I am new to this whole site so hopefully reefs and wrecks is the appropriate place to post this question. I just bought a boat and really want to get into some good shark fishing. Does anyone have a suggestion on good coordinates of where I can go and shark fish. Thanks!!!


----------



## catdad100 (Nov 17, 2009)

*shark fishing*

Id try a ship,tugboat,barge the bigger the better off the list of public listed numbers. Anchor up current of structure and give it a try. Reason being is almost every structure like that is going to have a resident Bull Shark patroling the area. Also edge of shipping channel just out the pass would be another one Id try.


----------



## SnapperSlapper (Feb 13, 2009)

The natural bottom spots I have fished lately in 75-120' have been covered up in big sharks.

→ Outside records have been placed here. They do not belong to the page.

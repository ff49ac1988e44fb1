//! The words of the command line.
ghost use Rattle.std.specs.Prelude.{◌≡◌, map, option_map, string_bytes};
ghost use Rattle.lks_node.specs.Words.{asked_in};

use lks_base::PeerId;
use lks_words::number;

/// The number of a peer and the path of its journal, if the words are these two. The path isn't empty.
pub fn asked<'a>(words: &'a [String]) -> Option<(PeerId, &'a str)>
    ensures { option_map (λ p. (p.0, p.1.now)) result ≡ asked_in (map string_bytes words.entry.now) }
{
    let [peer, path] = words else {
        return None;
    };
    if path.is_empty() {
        return None;
    }
    let id = number(u64::from(PeerId::MAX), peer.as_bytes())? as PeerId;
    Some((id, path.as_str()))
}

Mostly 6-7' bull sharks, but have also seen a big hammer and a medium tiger.


----------



## GROUPERKING (Sep 28, 2011)

You can also do pretty good in the middle of pensacola bay.


----------



## sailor (Oct 29, 2007)

Any of the passes on an outgoing tide as well. Where are you fishing? Orange Beach, Pensacola, Navarre, Destin?


----------



## SWAngler (Sep 13, 2014)

Plug in the coordinates for Villa Venyce, in Gulf Breeze. Catching Bull Sharks in the canals there. Well two so far that is. Seriously. 

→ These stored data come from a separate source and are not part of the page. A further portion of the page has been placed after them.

//! A store becomes a journal of the peer's own.

ghost use Rattle.std.specs.Prelude.{◌≡◌, true, ◌≤◌, ◌↔◌, ◌⊎◌, ℕ, List, [], false, length, map, sum_by, None, Some};
ghost use Rattle.std.specs.Prelude.{IfOk, IfErr, IsSome, IsTrue};
ghost use Rattle.lks_base.specs.Checking.{plan_fault};
ghost use Rattle.lks_base.specs.declared.plans.PeerPlan.{PeerPlan as Planned};
ghost use Rattle.lks_base.specs.declared.records.Record.{Record as Recorded};
ghost use Rattle.lks_disk.specs.Device.{Only};
ghost use Rattle.lks_disk.specs.declared.disks.DiskFail.TheVariants as device;
ghost use Rattle.lks_field.specs.Frames.{HoldsBodies};
ghost use Rattle.lks_host.specs.Adopting.{IsFiled, IsReadAs, LeavesFront};
ghost use Rattle.lks_host.specs.Faults.{breaks};
ghost use Rattle.lks_host.specs.Hosted.{HasFront};
ghost use Rattle.lks_host.specs.declared.faults.HostFault.TheVariants as hosted;
ghost use Rattle.lks_journal.specs.declared.faults.JournalFault.TheVariants as journal;
ghost use Rattle.lks_journal.specs.Settled.{disk_read};
ghost use Rattle.lks_journal.specs.Stays.{Stays};
ghost use Rattle.lks_law.specs.Batches.{alone};
ghost use Rattle.lks_law.specs.Behind.{tick_in, latest_tick};
ghost use Rattle.lks_law.specs.World.{deposits, honest_peer, station_of};
ghost use Rattle.lks_node.specs.Being.{IsFit};
ghost use Rattle.lks_node.specs.Opening.{of_disk, of_journal, store_of, IsBegun, IsCalm, IsPlain, IsSorted, IsUnread};
ghost use Rattle.lks_node.specs.Opening.{IsUnready, IsUnsorted};
ghost use Rattle.lks_host.specs.Owners.{Owns, missing_of};

use crate::ends::{Fall, Unready};
use crate::nodes::{Node, fall};
use lks_base::{Bytes, PeerId, Plan, Record};
use lks_blocks::BlockPool;
use lks_disk::{Disk, DiskFail};
use lks_host::{Host, HostFault, PeerSort, sort_with_peer};
use lks_journal::{Journal, JournalFault};
use lks_peer::Peer;
use std::alloc::Global;
use std::sync::Wait;

/// The most bytes of batches that are sorted.
const MOST_BYTES: u64 = 2_147_483_647;

/// Whether the bodies have together at most as many bytes as a journal.
fn are_few(bodies: &[Bytes]) -> bool
    ensures { IsTrue result ↔ (sum_by length bodies.now ≤ MOST_BYTES) }
{
    let mut room = MOST_BYTES;
    for body in bodies {
        match room.checked_sub(body.as_slice().len() as u64) {
            Some(left) => room = left,
            None => return false,
        }
    }
    true
}

/// What is said of a store that answered this. No fuse is set on it.
fn failed(fail: DiskFail) -> Unready
    requires { fail ≡ device.Cut → ⊥ }
    ensures { result ≡ of_disk fail }
{
    match fail {
        DiskFail::Failed => Unready::Failed,
        DiskFail::Cut => unreachable!(),
        DiskFail::Memory => Unready::Memory,
    }
}

/// What is said of a journal that can't be read. It isn't full, since nothing is appended, and no fuse is set.
fn unread(fault: JournalFault) -> Unready
    requires cut { fault ≡ journal.Cut → ⊥ }
    requires full { fault ≡ journal.Full → ⊥ }
    ensures { result ≡ of_journal fault }
{
    match fault {
        JournalFault::Failed => Unready::Failed,
        JournalFault::Memory => Unready::Memory,
        JournalFault::Damaged { offset } => Unready::Damaged { offset },
        JournalFault::Full | JournalFault::Cut => unreachable!(),
    }
}

/// What is said of a host that wasn't made. No fuse is set on its disk.
fn unmade(fault: HostFault) -> Unready
    requires cut { fault ≡ hosted.Cut → ⊥ }
    requires breaks { breaks fault ≡ true }
    ensures failed { result ≡ Unready.Failed → fault ≡ hosted.Failed }
    ensures plain { (result ≡ Unready.Failed) ⊎ (result ≡ Unready.Memory) }
{
    match fall(fault) {
        Fall::Failed => Unready::Failed,
        Fall::Memory => Unready::Memory,
    }
}

/// The tick of a record, if it has one.
fn tick_of(r: &Record) -> Option<u32>
    ensures { result ≡ tick_in r.now }
{
    match r {
        Record::PollOpened { tick, .. }
        | Record::Closed { tick, .. }
        | Record::Overdue { tick, .. }
        | Record::Joined { tick, .. } => Some(*tick),
        Record::Deposit { .. }
        | Record::Nominated { .. }
        | Record::OuterOpened { .. }
        | Record::VoteIn { .. }
        | Record::Shut { .. }
        | Record::Asked { .. }
        | Record::RepairBad { .. }
        | Record::Replaced { .. }
        | Record::Committed { .. }
        | Record::Voted { .. }
        | Record::Served { .. }
        | Record::Ended { .. }
        | Record::Tuned { .. } => None,
    }
}

/// The greatest tick of these records, or 0.
#[tactic(auto, unfolding(lks_law::specs::Behind::latest_tick))]
fn latest(records: &[Record]) -> u32
    ensures { result ≡ latest_tick records.now }
{
    let mut found = 0u32;
    for r in records {
        if let Some(tick) = tick_of(r) {
            found = found.max(tick);
        }
    }
    found
}

/// A new journal, which begins with the peer's deposits.
fn begin<R: Wait, D: Disk>(
    alloc: Global,
    rt: &R,
    pool: &BlockPool,
    plan: &Plan,
    id: PeerId,
    store: D,
) -> Result<Node<D>, (D, Unready)>
    requires good { plan_fault plan.now ≡ None }
    requires honest { IsSome (honest_peer id plan.now) }
    requires unfused { D.face.fused store ≡ false }
    requires empty { D.face.told store → D.face.seen store ≡ [] }
    ensures begun { (p : Planned) → honest_peer id plan.now ≡ Some p → IfOk result (IsBegun D.face plan.now p store) }
    ensures fit { IfOk result (IsFit D.face pool.now) }
    ensures causes { IfErr result (λ e. IsPlain (D.face.faults store) (D.face.faults e.0) e.1 ×
        ((p : Planned) → honest_peer id plan.now ≡ Some p → D.face.told store → Only [] (D.face.may_leave store)
        → HasFront D.face (map alone (deposits plan.now.aus p.copies)) e.0)) }
    ensures calm { IsCalm D.face store (store_of result) }
    ensures ok { IfOk result (λ node. D.face.faults node.host.journal.disk ≡ D.face.faults store) }
{
    match Host::create(alloc, rt, pool, plan, id, store) {
        Ok(host) => Ok(Node { host, tick: 0 }),
        Err((store, fault)) => Err((store, unmade(fault))),
    }
}

/// The host of a peer over its journal, with the deposits that this lacks. Its clock stands at the greatest tick there.
fn adopt<D: Disk>(
    alloc: Global,
    plan: &Plan,
    id: PeerId,
    peer: Peer,
    journal: Journal<D>,
    list: &[Record],
) -> Result<Node<D>, (D, Unready)>
    requires good { plan_fault plan.now ≡ None }
    requires honest { IsSome (honest_peer id plan.now) }
    requires unfused { D.face.fused journal.disk ≡ false }
    requires owned { (bodies : List (List ℕ)) × (sum_by length bodies ≤ MOST_BYTES) × IsReadAs D.face journal bodies ×
        ((p : Planned) → honest_peer id plan.now ≡ Some p
        → Owns (station_of plan.now p) plan.now.aus p.copies bodies list.now peer) }
    ensures begun { (p : Planned) → honest_peer id plan.now ≡ Some p → (bodies : List (List ℕ))
        → IsReadAs D.face journal bodies → Owns (station_of plan.now p) plan.now.aus p.copies bodies list.now peer
        →
        IsSorted (station_of plan.now p) (deposits plan.now.aus p.copies) bodies list.now
        → IfOk result (IsBegun D.face plan.now p journal.disk) }
    ensures fit { IfOk result (IsFit D.face peer.pool) }
    ensures causes { IfErr result (λ e. IsPlain (D.face.faults journal.disk) (D.face.faults e.0) e.1 ×
        ((p : Planned) → honest_peer id plan.now ≡ Some p → D.face.told journal.disk
        → (batches : List (List Recorded)) → IsFiled D.face journal list.now batches →
        LeavesFront D.face batches (map alone (missing_of (deposits plan.now.aus p.copies) list.now)) e.0)) }
    ensures calm { IsCalm D.face journal.disk (store_of result) }
    ensures ok { IfOk result (λ node. D.face.faults node.host.journal.disk ≡ D.face.faults journal.disk) }
{
    let tick = latest(list);
    match Host::adopt(alloc, plan, id, peer, journal, list) {
        Ok(host) => Ok(Node { host, tick }),
        Err((store, fault)) => Err((store, unmade(fault))),
    }
}

/// The host of the peer of these bodies, as which the journal was read, if they are its own.
fn sort_bodies<R: Wait, D: Disk>(
    alloc: Global,
    rt: &R,
    pool: &BlockPool,
    plan: &Plan,
    id: PeerId,
    journal: Journal<D>,
    bodies: &[Bytes],
) -> Result<Node<D>, (D, Unready)>
    requires good { plan_fault plan.now ≡ None }
    requires honest { IsSome (honest_peer id plan.now) }
    requires unfused { D.face.fused journal.disk ≡ false }
    requires few { sum_by length bodies.now ≤ MOST_BYTES }
    requires read { IsReadAs D.face journal bodies.now }
    ensures begun { (p : Planned) → honest_peer id plan.now ≡ Some p
        → IfOk result (IsBegun D.face plan.now p journal.disk) }
    ensures fit { IfOk result (IsFit D.face pool.now) }
    ensures causes { (p : Planned) → honest_peer id plan.now ≡ Some p
        → IfErr result
        (λ e. IsUnsorted D.face (station_of plan.now p) (deposits plan.now.aus p.copies) bodies.now journal.disk
        e.0 e.1) }
    ensures calm { IsCalm D.face journal.disk (store_of result) }
    ensures ok { IfOk result (λ node. D.face.faults node.host.journal.disk ≡ D.face.faults journal.disk) }
{
    match sort_with_peer(alloc, rt, pool, plan, id, bodies) {
        Ok(PeerSort::Whole { peer, list }) => {
            adopt(alloc, plan, id, peer, journal, list.as_slice())
        }
        Ok(PeerSort::Begun { peer, list }) => {
            adopt(alloc, plan, id, peer, journal, list.as_slice())
        }
        Ok(PeerSort::Foreign { batch }) => Err((journal.into_disk(), Unready::Foreign { batch })),
        Err(_) => Err((journal.into_disk(), Unready::Memory)),
    }
}

/// The journal on a store that isn't empty, and its bodies.
fn read_store<D: Disk>(alloc: Global, store: D) -> Result<(Journal<D>, Vec<Bytes>), (D, Unready)>
    requires unfused { D.face.fused store ≡ false }
    requires some { D.face.told store → D.face.seen store ≡ [] → ⊥ }
    ensures read { IfOk result (λ found. IsReadAs D.face found.0 found.1.items) }
    ensures holds { D.face.told store → IfOk result (λ found. HoldsBodies found.1.items (D.face.seen store)) }
    ensures stays { D.face.told store → Stays D.face store (disk_read result) }
    ensures causes { IfErr result (λ e. IsUnread D.face store e.0 e.1) }
    ensures calm { IsCalm D.face store (disk_read result) }
    ensures ok { IfOk result (λ found. D.face.faults found.0.disk ≡ D.face.faults store) }
{
    match Journal::reopen(alloc, store) {
        Ok(found) => Ok(found),
        Err((store, fault)) => Err((store, unread(fault))),
    }
}

/// The journal that a store holds, if it is the peer's own.
fn resume<R: Wait, D: Disk>(
    alloc: Global,
    rt: &R,
    pool: &BlockPool,
    plan: &Plan,
    id: PeerId,
    store: D,
) -> Result<Node<D>, (D, Unready)>
    requires good { plan_fault plan.now ≡ None }
    requires honest { IsSome (honest_peer id plan.now) }
    requires unfused { D.face.fused store ≡ false }
    requires some { D.face.told store → D.face.seen store ≡ [] → ⊥ }
    ensures begun { (p : Planned) → honest_peer id plan.now ≡ Some p → IfOk result (IsBegun D.face plan.now p store) }
    ensures fit { IfOk result (IsFit D.face pool.now) }
    ensures causes { (p : Planned) → honest_peer id plan.now ≡ Some p
        → IfErr result
        (λ e. IsUnready D.face (station_of plan.now p) (deposits plan.now.aus p.copies) store e.0 e.1) }
    ensures calm { IsCalm D.face store (store_of result) }
    ensures ok { IfOk result (λ node. D.face.faults node.host.journal.disk ≡ D.face.faults store) }
{
    let (journal, bodies) = read_store(alloc, store)?;
    if !are_few(&bodies) {
        return Err((journal.into_disk(), Unready::Full));
    }
    sort_bodies(alloc, rt, pool, plan, id, journal, &bodies)
}

/// The peer over the journal on its store, which is made on an empty one.
pub fn open_journal<R: Wait, D: Disk>(
    alloc: Global,
    rt: &R,
    pool: &BlockPool,
    plan: &Plan,
    id: PeerId,
    store: D,
) -> Result<Node<D>, (D, Unready)>
    requires good { plan_fault plan.now ≡ None }
    requires honest { IsSome (honest_peer id plan.now) }
    requires unfused { D.face.fused store ≡ false }
    ensures begun { (p : Planned) → honest_peer id plan.now ≡ Some p → IfOk result (IsBegun D.face plan.now p store) }
    ensures fit { IfOk result (IsFit D.face pool.now) }
    ensures causes { (p : Planned) → honest_peer id plan.now ≡ Some p
        → IfErr result
        (λ e. IsUnready D.face (station_of plan.now p) (deposits plan.now.aus p.copies) store e.0 e.1) }
    ensures calm { IsCalm D.face store (store_of result) }
    ensures ok { IfOk result (λ node. D.face.faults node.host.journal.disk ≡ D.face.faults store) }
{
    let mut store = store;
    match store.len() {
        Ok(0) => begin(alloc, rt, pool, plan, id, store),
        Ok(_) => resume(alloc, rt, pool, plan, id, store),
        Err(fail) => Err((store, failed(fail))),
    }
}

OK, you really shouldn't go there and scare the residents, plus hurt property values, by starting a chum line off their dock. But, with all the sharks everywhere, and I mean everywhere in the bays, ICW, sound, offshore and off the beaches, that shouldn't be necessary. 

So plentiful I'm wondering when the local guides will start advertising for, and then targeting them for their clients?


----------



## Jason (Oct 2, 2007)

Being off shore yesterday throwing out a blue runner free lined had several takers of sharks that screamed drag but cut off due to not actually shark fishing. I think if you drift it, they will come!


----------



## watsona (Jun 23, 2015)

Thanks everyone for the responses! I will be leaving from Bahi Mar marina and fishing around Pensacola. I will have to try a few of these suggestions over the next couple of weeks and hopefully have some pictures to post.


----------